- Opening Delimiter -
//! What circuit text is made of: tokens, syntax trees, and the faults that a text can have.
//!
//! The syntax types hold lists whose shape contracts cannot compute with, so definitions speak of a mirror in plain data
//! (`specs/Tree.antt`), which `specs/View.antt` reads off the types. `specs/Tokens.antt` says which tokens a text is, and
//! `specs/WellFormed.antt` which circuits a text can have.
#![tactic(auto)]

mod fault;
mod place;
mod scope;
mod sorts;
mod syntax;
mod token;

pub use fault::{Counted, LangFault};
pub use place::{index_at, tree_at};
pub use scope::{Bound, bound_value, gadget_number, inside};
pub use sorts::{has_shared, has_shared_item, is_shared};
pub use syntax::{
    Arg, Body, Circuit, Coef, Decl, Expr, Idx, IdxItem, Item, KindText, Params, Stmt,
};
pub use token::{Mark, Token};
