//! Why a circuit text is refused.
use std::alloc::{AllocError, AllocFailed};

/// Why a circuit text is refused, and where.
///
/// `Lex` carries the place of a byte, the faults that carry a `u32` else the number of a token, from 0; `Uncalled` the
/// number of a gadget. `parse` gives `TextLength`, `Lex`, `Syntax` and `Depth`.
#[derive(Debug, Clone, Copy, PartialEq, Eq)]
pub enum LangFault {
    /// No memory was left.
    Memory,
    /// The text is longer than 65,536 bytes: its length.
    TextLength(u64),
    /// The first byte at which no blank, comment or token begins.
    Lex(u32),
    /// The least token with which no circuit text goes on, or the number of tokens where the text ends too early.
    Syntax(u32),
    /// A called name that is no gadget, or a used name that is no loop variable in scope.
    Name(u32),
    /// A name that is taken.
    Twice(u32),
    /// A product, a power or an output that is not linear.
    NotLinear(u32),
    /// An index out of range.
    Index(u32),
    /// A call whose number of arguments is not its gadget's arity.
    Arity(u32),
    /// A gadget without a call.
    Uncalled(u32),
    /// A count that is past its limit.
    Limit(Counted, u64),
    /// The least token that opens the 65th level, where the tokens up to it can go on as a circuit text.
    Depth(u32),
}

/// What a limit counts.
#[derive(Debug, Clone, Copy, PartialEq, Eq)]
pub enum Counted {
    /// Words of an encoding.
    Meas,
    /// Joint words.
    Joint,
    /// Declared gadgets.
    Gadgets,
    /// Inputs of a gadget.
    Arity,
    /// The degree of a gadget.
    Degree,
    /// Nodes that are met.
    Visits,
    /// Calls of a gadget.
    Calls,
    /// Checks.
    Checks,
    /// Outputs.
    Outs,
}

impl From<AllocError> for LangFault {
    ghost use Rattle.std.specs.Prelude.{◌≡◌};
    ghost use Rattle.flp_syntax.specs.declared.fault.LangFault.TheVariants.{Memory};

    ghost from_gives = { λ _ fault. fault ≡ Memory };

    fn from(_: AllocError) -> LangFault {
        LangFault::Memory
    }
}

impl<T: Drop> From<AllocFailed<T>> for LangFault {
    ghost use Rattle.std.specs.Prelude.{◌≡◌};
    ghost use Rattle.flp_syntax.specs.declared.fault.LangFault.TheVariants.{Memory};

    ghost from_gives = { λ _ fault. fault ≡ Memory };

    fn from(_: AllocFailed<T>) -> LangFault {
        LangFault::Memory
    }
}
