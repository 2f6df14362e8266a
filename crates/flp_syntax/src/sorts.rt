//! Which expressions are shared.
ghost use Rattle.std.specs.Prelude.{◌≡◌, map};
ghost use Rattle.flp_syntax.specs.Tree.{items, trees};
ghost use Rattle.flp_syntax.specs.Sorts.{is_shared, has_shared_item, has_shared};
ghost use Rattle.flp_syntax.specs.View.{tree_of, item_of};

use crate::syntax::{Expr, Item};

/// Whether an expression reads words of the encoding or answers of gadgets.
#[cycle(sorts)]
#[tactic(auto, using(crate::specs::View::view_equations))]
pub fn is_shared(expr: &Expr) -> bool
    ensures { result ≡ is_shared (tree_of expr.now) }
{
    match expr {
        Expr::Number { .. } | Expr::Var { .. } | Expr::Joint { .. } => false,
        Expr::Meas { .. } | Expr::MeasOrZero { .. } | Expr::Call { .. } => true,
        Expr::Sum { inner, .. } => is_shared(inner),
        Expr::Add { items, .. } => has_shared_item(items.as_slice()),
        Expr::Mul { factors, .. } => has_shared(factors.as_slice()),
        Expr::Pow { base, .. } => is_shared(base),
    }
}

/// Whether some item of a sum is shared.
#[cycle(sorts)]
#[tactic(auto, using(crate::specs::View::view_equations))]
pub fn has_shared_item(list: &[Item]) -> bool
    ensures { result ≡ has_shared_item (items (map item_of list.now)) }
{
    for item in list {
        if is_shared(&item.expr) {
            return true;
        }
    }
    false
}

/// Whether some factor of a product is shared.
#[cycle(sorts)]
#[tactic(auto, using(crate::specs::View::view_equations))]
pub fn has_shared(factors: &[Expr]) -> bool
    ensures { result ≡ has_shared (trees (map tree_of factors.now)) }
{
    for factor in factors {
        if is_shared(factor) {
            return true;
        }
    }
    false
}
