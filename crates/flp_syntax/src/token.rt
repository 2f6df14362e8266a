//! The tokens of circuit text.
use flp_field::Fe;
use flp_list::Bytes;

/// A token: what the grammar of circuit text speaks of.
#[derive(Debug, PartialEq, Eq, Drop)]
pub enum Token {
    /// A run of digits, by its value.
    Number(Fe),
    /// A letter and then letters, digits and `_`, but no reserved word.
    Name(Bytes),
    /// A reserved word or a symbol.
    Fixed(Mark),
}

/// A token that is always written the same: a reserved word or a symbol.
#[derive(Debug, Clone, Copy, PartialEq, Eq)]
pub enum Mark {
    /// `use`
    Use,
    /// `meas`
    Meas,
    /// `joint`
    Joint,
    /// `gadget`
    Gadget,
    /// `check`
    Check,
    /// `out`
    Out,
    /// `each`
    Each,
    /// `sum`
    Sum,
    /// `in`
    In,
    /// `mul`
    Mul,
    /// `poly`
    Poly,
    /// `psum`
    Psum,
    /// `;`
    Semicolon,
    /// `=`
    Equals,
    /// `[`
    OpenBracket,
    /// `]`
    CloseBracket,
    /// `?`
    Question,
    /// `(`
    Open,
    /// `)`
    Close,
    /// `+`
    Plus,
    /// `-`
    Minus,
    /// `*`
    Star,
    /// `^`
    Caret,
    /// `,`
    Comma,
    /// `..`
    DotDot,
}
- Closing Delimiter -
• **WHAT YOU NEED TO DO**
Reproduce each of the entries exactly, omitting none.

• **TASK ANSWER**
//! What circuit text is made of: tokens, syntax trees, and the faults that a text can have.
//!
//! The syntax types hold lists whose shape contracts cannot compute with, so definitions speak of a mirror in plain data
//! (`specs/Tree.antt`), which `specs/View.antt` reads off the types. `specs/Tokens.antt` says which tokens a text is, and
//! `specs/WellFormed.antt` which circuits a text can have.
#![tactic(auto)]

mod fault;
mod place;
mod scope;
mod sorts;
mod syntax;
mod token;

pub use fault::{Counted, LangFault};
pub use place::{index_at, tree_at};
pub use scope::{Bound, bound_value, gadget_number, inside};
pub use sorts::{has_shared, has_shared_item, is_shared};
pub use syntax::{
    Arg, Body, Circuit, Coef, Decl, Expr, Idx, IdxItem, Item, KindText, Params, Stmt,
};
pub use token::{Mark, Token};
//! Why a circuit text is refused.
use std::alloc::{AllocError, AllocFailed};

/// Why a circuit text is refused, and where.
///
/// `Lex` carries the place of a byte, the faults that carry a `u32` else the number of a token, from 0; `Uncalled` the
/// number of a gadget. `parse` gives `TextLength`, `Lex`, `Syntax` and `Depth`.
#[derive(Debug, Clone, Copy, PartialEq, Eq)]
pub enum LangFault {
    /// No memory was left.
    Memory,
    /// The text is longer than 65,536 bytes: its length.
    TextLength(u64),
    /// The first byte at which no blank, comment or token begins.
    Lex(u32),
    /// The least token with which no circuit text goes on, or the number of tokens where the text ends too early.
    Syntax(u32),
    /// A called name that is no gadget, or a used name that is no loop variable in scope.
    Name(u32),
    /// A name that is taken.
    Twice(u32),
    /// A product, a power or an output that is not linear.
    NotLinear(u32),
    /// An index out of range.
    Index(u32),
    /// A call whose number of arguments is not its gadget's arity.
    Arity(u32),
    /// A gadget without a call.
    Uncalled(u32),
    /// A count that is past its limit.
    Limit(Counted, u64),
    /// The least token that opens the 65th level, where the tokens up to it can go on as a circuit text.
    Depth(u32),
}

/// What a limit counts.
#[derive(Debug, Clone, Copy, PartialEq, Eq)]
pub enum Counted {
    /// Words of an encoding.
    Meas,
    /// Joint words.
    Joint,
    /// Declared gadgets.
    Gadgets,
    /// Inputs of a gadget.
    Arity,
    /// The degree of a gadget.
    Degree,
    /// Nodes that are met.
    Visits,
    /// Calls of a gadget.
    Calls,
    /// Checks.
    Checks,
    /// Outputs.
    Outs,
}

impl From<AllocError> for LangFault {
    ghost use Rattle.std.specs.Prelude.{◌≡◌};
    ghost use Rattle.flp_syntax.specs.declared.fault.LangFault.TheVariants.{Memory};

    ghost from_gives = { λ _ fault. fault ≡ Memory };

    fn from(_: AllocError) -> LangFault {
        LangFault::Memory
    }
}

impl<T: Drop> From<AllocFailed<T>> for LangFault {
    ghost use Rattle.std.specs.Prelude.{◌≡◌};
    ghost use Rattle.flp_syntax.specs.declared.fault.LangFault.TheVariants.{Memory};

    ghost from_gives = { λ _ fault. fault ≡ Memory };

    fn from(_: AllocFailed<T>) -> LangFault {
        LangFault::Memory
    }
}
repository 2f6df14362e8266a
filename crates/flp_syntax/src/sorts.rt
//! Which expressions are shared.
ghost use Rattle.std.specs.Prelude.{◌≡◌, map};
ghost use Rattle.flp_syntax.specs.Tree.{items, trees};
ghost use Rattle.flp_syntax.specs.Sorts.{is_shared, has_shared_item, has_shared};
ghost use Rattle.flp_syntax.specs.View.{tree_of, item_of};

use crate::syntax::{Expr, Item};

/// Whether an expression reads words of the encoding or answers of gadgets.
#[cycle(sorts)]
#[tactic(auto, using(crate::specs::View::view_equations))]
pub fn is_shared(expr: &Expr) -> bool
    ensures { result ≡ is_shared (tree_of expr.now) }
{
    match expr {
        Expr::Number { .. } | Expr::Var { .. } | Expr::Joint { .. } => false,
        Expr::Meas { .. } | Expr::MeasOrZero { .. } | Expr::Call { .. } => true,
        Expr::Sum { inner, .. } => is_shared(inner),
        Expr::Add { items, .. } => has_shared_item(items.as_slice()),
        Expr::Mul { factors, .. } => has_shared(factors.as_slice()),
        Expr::Pow { base, .. } => is_shared(base),
    }
}

/// Whether some item of a sum is shared.
#[cycle(sorts)]
#[tactic(auto, using(crate::specs::View::view_equations))]
pub fn has_shared_item(list: &[Item]) -> bool
    ensures { result ≡ has_shared_item (items (map item_of list.now)) }
{
    for item in list {
        if is_shared(&item.expr) {
            return true;
        }
    }
    false
}

/// Whether some factor of a product is shared.
#[cycle(sorts)]
#[tactic(auto, using(crate::specs::View::view_equations))]
pub fn has_shared(factors: &[Expr]) -> bool
    ensures { result ≡ has_shared (trees (map tree_of factors.now)) }
{
    for factor in factors {
        if is_shared(factor) {
            return true;
        }
    }
    false
}
filename crates/flp_syntax/src/token.rt
repository 2f6df14362e8266a
//! The tokens of circuit text.
use flp_field::Fe;
use flp_list::Bytes;

/// A token: what the grammar of circuit text speaks of.
#[derive(Debug, PartialEq, Eq, Drop)]
pub enum Token {
    /// A run of digits, by its value.
    Number(Fe),
    /// A letter and then letters, digits and `_`, but no reserved word.
    Name(Bytes),
    /// A reserved word or a symbol.
    Fixed(Mark),
}

/// A token that is always written the same: a reserved word or a symbol.
#[derive(Debug, Clone, Copy, PartialEq, Eq)]
pub enum Mark {
    /// `use`
    Use,
    /// `meas`
    Meas,
    /// `joint`
    Joint,
    /// `gadget`
    Gadget,
    /// `check`
    Check,
    /// `out`
    Out,
    /// `each`
    Each,
    /// `sum`
    Sum,
    /// `in`
    In,
    /// `mul`
    Mul,
    /// `poly`
    Poly,
    /// `psum`
    Psum,
    /// `;`
    Semicolon,
    /// `=`
    Equals,
    /// `[`
    OpenBracket,
    /// `]`
    CloseBracket,
    /// `?`
    Question,
    /// `(`
    Open,
    /// `)`
    Close,
    /// `+`
    Plus,
    /// `-`
    Minus,
    /// `*`
    Star,
    /// `^`
    Caret,
    /// `,`
    Comma,
    /// `..`
    DotDot,
}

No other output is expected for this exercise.